Use `RWMol` to replace side chains at those indices with a dummy atom (e.g., At number 0 or Isotope).
**Step 3: Run tests**
`pixi run pytest tests/test_scaffold_prep.py`
---
### Task 3: Fragment Activation (The "Plug")
**Files:**
- Create: `src/splicing/fragment_prep.py`
- Test: `tests/test_fragment_prep.py`
**Step 1: Write failing test**
Test that `activate_fragment` takes a SMILES and returns a molecule with *one* attachment point.
```python
# tests/test_fragment_prep.py
from src.splicing.fragment_prep import activate_fragment
def test_activate_fragment_smart():
# Fragment with -OH
frag_smiles = "CCO"
activated = activate_fragment(frag_smiles, strategy="smart")
# Should find the O and replace H with attachment point
assert "*" in Chem.MolToSmiles(activated)
def test_activate_fragment_random():
frag_smiles = "CCCCC"
activated = activate_fragment(frag_smiles, strategy="random")
assert "*" in Chem.MolToSmiles(activated)
```
**Step 2: Implement `activate_fragment`**
- **Smart**: Look for -NH2, -OH, -SH. Use SMARTS to find them, replace a H with `*`.
- **Random**: Pick a random Carbon, replace a H with `*`.
**Step 3: Run tests**
`pixi run pytest tests/test_fragment_prep.py`
---
### Task 4: Splicing Engine (The Assembly)
**Files:**
- Create: `src/splicing/engine.py`
- Test: `tests/test_splicing_engine.py`
**Step 1: Write failing test**
Test connecting an activated fragment to the scaffold.
```python
def test_splice_molecules():
scaffold = ... # prepared scaffold
fragment = ... # activated fragment
product = splice_molecule(scaffold, fragment, position=7)
assert product is not None
assert Chem.MolToSmiles(product) != Chem.MolToSmiles(scaffold)
```
**Step 2: Implement `splice_molecule`**
Use `Chem.ReplaceSubstructs` or `Chem.rdChemReactions`.
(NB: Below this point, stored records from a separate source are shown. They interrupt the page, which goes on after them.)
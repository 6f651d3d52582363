// Keys, and what they pick.
ghost use Rattle.std.specs.Prelude.{◌≡◌, None, false};
ghost use Rattle.indexers.specs.declared.keys.KeyFault.TheVariants as fault;

use cell_core::{ListOf, NoMemory, Places, Rows, Tuple, Tuples};

/// Positions, counted from the end where they are negative.
pub type Positions = ListOf<i64>;

/// A key of `loc`.
#[derive(Drop)]
pub enum LocKey {
    /// `:`, all rows.
    All,
    /// A tuple of leading labels.
    One(Tuple),
    /// A list of full tuples.
    Many(Tuples),
    /// A slice between two tuples of leading labels, both ends included. A bound that isn't given is an end.
    Span(Option<Tuple>, Option<Tuple>),
}

/// A key of `iloc`.
#[derive(Drop)]
pub enum PosKey {
    /// A position.
    One(i64),
    /// A list of positions.
    Many(Positions),
    /// A slice: the first position, the position before which it ends, and the step.
    Span(Option<i64>, Option<i64>, Option<i64>),
}

/// What a key picks.
#[derive(Drop)]
pub struct Picked {
    /// The rows, in the order in which they are picked. A row may stand several times.
    pub places: Places,
    /// Whether a scalar key picked a single row.
    pub single: bool,
    /// How many leading levels the answer loses.
    pub dropped: usize,
    /// The rows as places at equal distances, where the key is `:` or a slice.
    pub span: Option<Rows>,
}

impl Picked {
    /// What a list picked.
    pub fn listed(places: Places) -> Picked
        ensures { result ≡ record { places = places; single = false; dropped = 0; span = None } }
    {
        Picked {
            places,
            single: false,
            dropped: 0,
            span: None,
        }
    }
}

/// Why a key picks no rows.
#[derive(Drop)]
pub enum KeyFault {
    /// No row has the labels, or they bound a slice on several levels that aren't in order.
    NotThere(Tuple),
    /// The bound of a slice stands more than once, and the rows aren't in order.
    BoundNotUnique(Tuple),
    /// The position, as it is written, names none of so many rows.
    OutOfRange(i64, usize),
    /// The row's label stands not exactly once in the mask.
    NoMaskLabel(Tuple),
    /// The step of a slice by positions is 0.
    StepZero,
    /// Memory was refused.
    NoMemory,
}

impl From<NoMemory> for KeyFault {
    ghost from_gives = { λ _ made. made ≡ fault.NoMemory };

    fn from(_: NoMemory) -> KeyFault {
        KeyFault::NoMemory
    }
}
Ensure the connection is chemically valid.
**Step 3: Run tests**
`pixi run pytest tests/test_splicing_engine.py`
---
### Task 5: Prediction Pipeline Integration
**Files:**
- Create: `src/splicing/pipeline.py`
- Test: `tests/test_pipeline.py`
**Step 1: Write failing test (Mocked)**
Mock the SIME predictor to avoid loading heavy models during unit tests.
```python
def test_pipeline_flow(mocker):
# Mock predictor
mocker.patch('utils.mole_predictor.ParallelBroadSpectrumPredictor')
frags = ["CCO", "CCN"]
results = run_splicing_pipeline(TYLOSIN_SMILES, frags, positions=[7])
assert len(results) > 0
```
**Step 2: Implement `run_splicing_pipeline`**
1. Prep scaffold.
2. Loop fragments -> activate -> splice.
3. Batch generate SMILES.
4. Call `ParallelBroadSpectrumPredictor`.
5. Return results.
**Step 3: Run tests**
---
### Task 6: CLI and Final Execution
**Files:**
- Create: `scripts/run_tylosin_optimization.py`
**Step 1: Implement CLI**
Arguments: `--input-scaffold`, `--fragment-csv`, `--positions`, `--output`.
**Step 2: Integration Test**
Run with a small subset of the fragment CSV (head -n 10).